Ma… ma questo matrimonio presenta tante incognite. Peugeot ha sempre privilegiato la linea degli accordi mirati con altri costruttori su singoli prodotti, rispetto ad una fusione o integrazione completa e, anche se lo stile Fiat è ben diverso da quello arrogante e prevaricante dei tedeschi, trovare un equilibrio nella gestione dei poteri appare assai complesso, possibile ma complesso.
In secondo luogo l’altra spina nel fianco di Peugeot è il problema degli esuberi negli stabilimenti europei (6.000 in totale, di cui 5000 in Francia), che la fusione, con le auspicate sinergie, aggraverebbe.
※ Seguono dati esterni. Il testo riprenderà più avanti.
//! Worked examples on schemas that go into nodes of a lowered plan, and on schemas that are kept by node.

ghost use Rattle.std.specs.Prelude.{◌≡◌, ◌≢◌, [], ◌∷◌, List, Some, None};
ghost use Rattle.std.specs.BTreeMap.{BTreeMap};
ghost use Rattle.plan_types.specs.Schemas.{columns};
ghost use Rattle.plan_types.specs.declared.error.ErrorKind.TheVariants.{ColumnNotFound};
ghost use Rattle.plan_types.specs.declared.schema.Schema.{Schema};
ghost use Rattle.plan_dsl.specs.Trees.{no_more, more};
ghost use Rattle.plan_dsl.specs.Ops.{Expression};
ghost use Rattle.plan_dsl.specs.Plans.{FilterKind, Named, ScanKind, SelectKind, SimpleProjectionKind, empty_table, filter_op, named};
ghost use Rattle.plan_dsl.specs.PlanRules.{schema_of};
ghost use Rattle.plan_dsl.specs.Samples.{Gives, GivesOfTwo, a, b, column, equal, int8, keep, scan, schema_ab, schema_flagged};
ghost use Rattle.plan_arena.specs.declared.arena.Node.{Node};
ghost use Rattle.plan_arena.specs.declared.ir.IR.{IR};
ghost use Rattle.plan_arena.specs.declared.ir.IR.TheVariants.{DataFrameScan, Invalid};
ghost use Rattle.plan_arena.specs.Denotation.{DenotesTree};
ghost use Rattle.plan_arena.specs.Items.{HoldsPlan};
ghost use Rattle.plan_arena.specs.PlanSchemas.{cached_at, scanned, schema_into, DenotesSomePlan, IsRightCache, IsSchemaAt};
ghost use Rattle.plan_arena.specs.RecordedSchemas.{recorded_into, schema_recorded, IsRecordedAt, KeepsRecorded};
ghost use Rattle.plan_arena.specs.Samples.{filtered_scan, lowered_projection, lowered_select, narrowed, node_at, schema_of_one, named_twice};
ghost use Rattle.plan_arena.specs.Unchecked.{unchecked_into, unchecked_kinds, unchecked_schema, GoesInto, HasUncheckedSchema, IsUncheckedAt, KeepsOtherRules, KeepsUnchecked};

/// What goes into a node has the schema of its first input, and what goes into a scan its own.
pub fn schemas_into_nodes()
    ensures scans { Gives (scanned {E = Named Expression}) ((ScanKind (Some 0) schema_ab, Some schema_ab) ∷ (ScanKind None [], Some []) ∷ (SelectKind [], None)
        ∷ (SimpleProjectionKind schema_ab, None) ∷ []) }
    ensures into { GivesOfTwo (schema_into []) ((ScanKind None schema_ab, no_more, Some schema_ab) ∷ (SelectKind [], more (scan schema_ab) no_more, Some schema_ab)
        ∷ (FilterKind (named a), more narrowed no_more, Some (schema_of_one "b" int8)) ∷ (SelectKind [], more empty_table (more (scan schema_ab) no_more), Some [])
        ∷ (SelectKind [], no_more, None) ∷ []) }
{}

/// The schema of a node is the one that it records.
pub fn schemas_of_nodes()
    ensures scan { (schema : Schema) → IsSchemaAt (DataFrameScan (Some 0) schema ∷ []) 0 (columns schema) }
    ensures other { (schema other : Schema) → columns other ≢ columns schema → ¬ (IsSchemaAt (DataFrameScan (Some 0) schema ∷ []) 0 (columns other)) }
    ensures denotes { (schema : Schema) → DenotesSomePlan (DataFrameScan (Some 0) schema ∷ []) 0 }
    ensures no_such_node { ¬ (DenotesSomePlan [] 0) }
    ensures taken_out { ¬ (DenotesSomePlan (Invalid ∷ []) 0) }
{}

/// The schema that is recorded of a plan's frame, at the top or below: also of a filter by a number, which no rule allows.
pub fn schemas_that_are_recorded()
    ensures plans { Gives schema_recorded ((scan schema_ab, Some schema_ab) ∷ (empty_table, Some []) ∷ (narrowed, Some (schema_of_one "b" int8))
        ∷ (lowered_projection (schema_of_one "b" int8) (scan schema_ab), Some (schema_of_one "b" int8))
        ∷ (keep (column "keep") (scan schema_flagged), Some schema_flagged) ∷ (keep a (scan schema_flagged), Some schema_flagged) ∷ (keep a (keep b narrowed), Some (schema_of_one "b" int8)) ∷ []) }
    ensures into { GivesOfTwo recorded_into ((ScanKind None schema_ab, no_more, Some schema_ab) ∷ (SelectKind [], more (keep a narrowed) no_more, Some (schema_of_one "b" int8))
        ∷ (FilterKind (named a), more (scan schema_ab) no_more, Some schema_ab) ∷ (SelectKind [], no_more, None) ∷ []) }
    ensures scan { (schema : Schema) → IsRecordedAt (DataFrameScan (Some 0) schema ∷ []) 0 (columns schema) }
    ensures empty { (plans : List IR) (cache : BTreeMap Node Schema) → cache.entries ≡ [] → KeepsRecorded plans cache }
{}

/// A filter whose predicate is no truth value counts as giving its input's schema. Every other rule is kept, and a schema
/// that is recorded is the one that the node has.
pub fn plans_with_unchecked_predicates()
    ensures schemas { Gives (unchecked_schema []) ((keep a (scan schema_ab), Some schema_ab) ∷ (keep (equal a b) (keep a (scan schema_ab)), Some schema_ab)
        ∷ (keep a (scan named_twice), None) ∷ (keep a (scan []), None) ∷ (keep (equal a b) (keep a (scan [])), None) ∷ (keep (column "keep") (scan schema_flagged), Some schema_flagged) ∷ []) }
    ensures checked { schema_of [] (keep a (scan schema_ab)) ≡ None }
    ensures kinds { GivesOfTwo (unchecked_kinds []) ((filter_op (named a), Some schema_ab ∷ [], []) ∷ (filter_op (named a), Some [] ∷ [], ColumnNotFound ∷ []) ∷ []) }
    ensures into { GivesOfTwo (unchecked_into []) ((ScanKind None schema_ab, no_more, Some schema_ab) ∷ (SelectKind [], more (keep a (scan schema_ab)) no_more, Some schema_ab)
        ∷ (FilterKind (named a), more (keep a (scan [])) no_more, None) ∷ (SelectKind [], no_more, None) ∷ []) }
    ensures keeps { KeepsOtherRules [] (keep (equal a b) (keep a (scan schema_ab))) }
    ensures breaks_another { ¬ (KeepsOtherRules [] (keep a (scan []))) }
    ensures below { ¬ (KeepsOtherRules [] (keep a (scan named_twice))) }
    ensures recorded { KeepsOtherRules [] (lowered_select (schema_of_one "a" int8) (a ∷ []) (keep a (scan schema_ab))) }
    ensures other_record { ¬ (KeepsOtherRules [] (lowered_select schema_ab (a ∷ []) (keep a (scan schema_ab)))) }
{}

/// A filter by a number has the schema of its scan with any arena of expressions, and with one of them denotes a plan of it.
pub fn nodes_with_unchecked_predicates()
    ensures has { (schema : Schema) → columns schema ≡ schema_ab → HasUncheckedSchema [] (filtered_scan schema) 1 schema_ab }
    ensures has_no_other { (schema : Schema) → columns schema ≡ schema_ab → ¬ (HasUncheckedSchema [] (filtered_scan schema) 1 []) }
    ensures without_expressions { (schema : Schema) → ¬ (DenotesTree (HoldsPlan [] (filtered_scan schema)) 1) }
    ensures is { (schema : Schema) → IsUncheckedAt (filtered_scan schema) 1 (columns schema) }
    ensures is_no_other { (schema : Schema) → columns schema ≡ schema_ab → ¬ (IsUncheckedAt (filtered_scan schema) 1 []) }
    ensures into { (schema : Schema) → columns schema ≡ schema_ab → GoesInto [] (filtered_scan schema) (SelectKind []) (1 ∷ []) schema_ab }
    ensures into_scans { GoesInto [] [] (ScanKind None schema_ab) [] schema_ab }
    ensures empty { (plans : List IR) (cache : BTreeMap Node Schema) → cache.entries ≡ [] → KeepsUnchecked plans cache }
    ensures of_the_filter { (schema : Schema) (cache : BTreeMap Node Schema) → cache.entries ≡ (node_at 1, schema) ∷ [] → KeepsUnchecked (filtered_scan schema) cache }
{}

/// A cache is right where what it keeps of a node is its schema.
pub fn caches_that_are_right()
    ensures empty { (plans : List IR) (cache : BTreeMap Node Schema) → cache.entries ≡ [] → IsRightCache plans cache }
    ensures of_a_scan { (schema : Schema) (cache : BTreeMap Node Schema) → cache.entries ≡ (node_at 0, schema) ∷ [] → IsRightCache (DataFrameScan (Some 0) schema ∷ []) cache }
    ensures of_another { (schema other : Schema) (cache : BTreeMap Node Schema) → columns other ≢ columns schema → cache.entries ≡ (node_at 0, other) ∷ [] →
        ¬ (IsRightCache (DataFrameScan (Some 0) schema ∷ []) cache) }
    ensures kept { (schema : Schema) (cache : BTreeMap Node Schema) → cache.entries ≡ (node_at 0, schema) ∷ [] → (cached_at cache (node_at 0) ≡ Some schema) × (cached_at cache (node_at 1) ≡ None) }
{}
La resistenza in Francia è forte, anche perché due anni fa PSA ebbe finanziamenti pubblici in cambio dell’impegno a non delocalizzare e mantenere la produzione e la forza lavoro in patria.
In definitiva da Fiat/Chyrsler più Peugeot/Citroen nascerebbe un gruppo fortissimo, da 10 milioni di veicoli all’anno, al vertice della produzione mondiale con Volkswagen e Toyota, presente su tutti i mercati e con una gamma prodotti e brand molto articolata, ma con complessità di gestione e strategia.
Per entrambi i promessi sposi le alternative più probabili sembrano quelle di un matrimonio asiatico – Honda, Suzuki e Tata le candidate più gettonate – che assicurerebbe il presidio totale dei mercati e costi di produzione più bassi.
Resta sempre attuale, a completare il mosaico delle possibili mosse, l’eventuale seconda puntata dell’acquisizione di Opel. Nonostante la raffica di novità infatti Opel resta una pesante perdita per la convalescente General Motors, che non ha rinunciato all’idea di cederla, ma vuole farlo ad un prezzo congruo e possibilmente senza fare un favore ai competitors più forti.
Per questo qualcuno ha anche ipotizzato che nel piano di un’eventuale fusione Fiat/Peugeot possa rientrare anche l’acquisto di Opel. Il gruppo sarebbe in tal modo il più grande costruttore europeo e prevedibilmente primo produttore mondiale.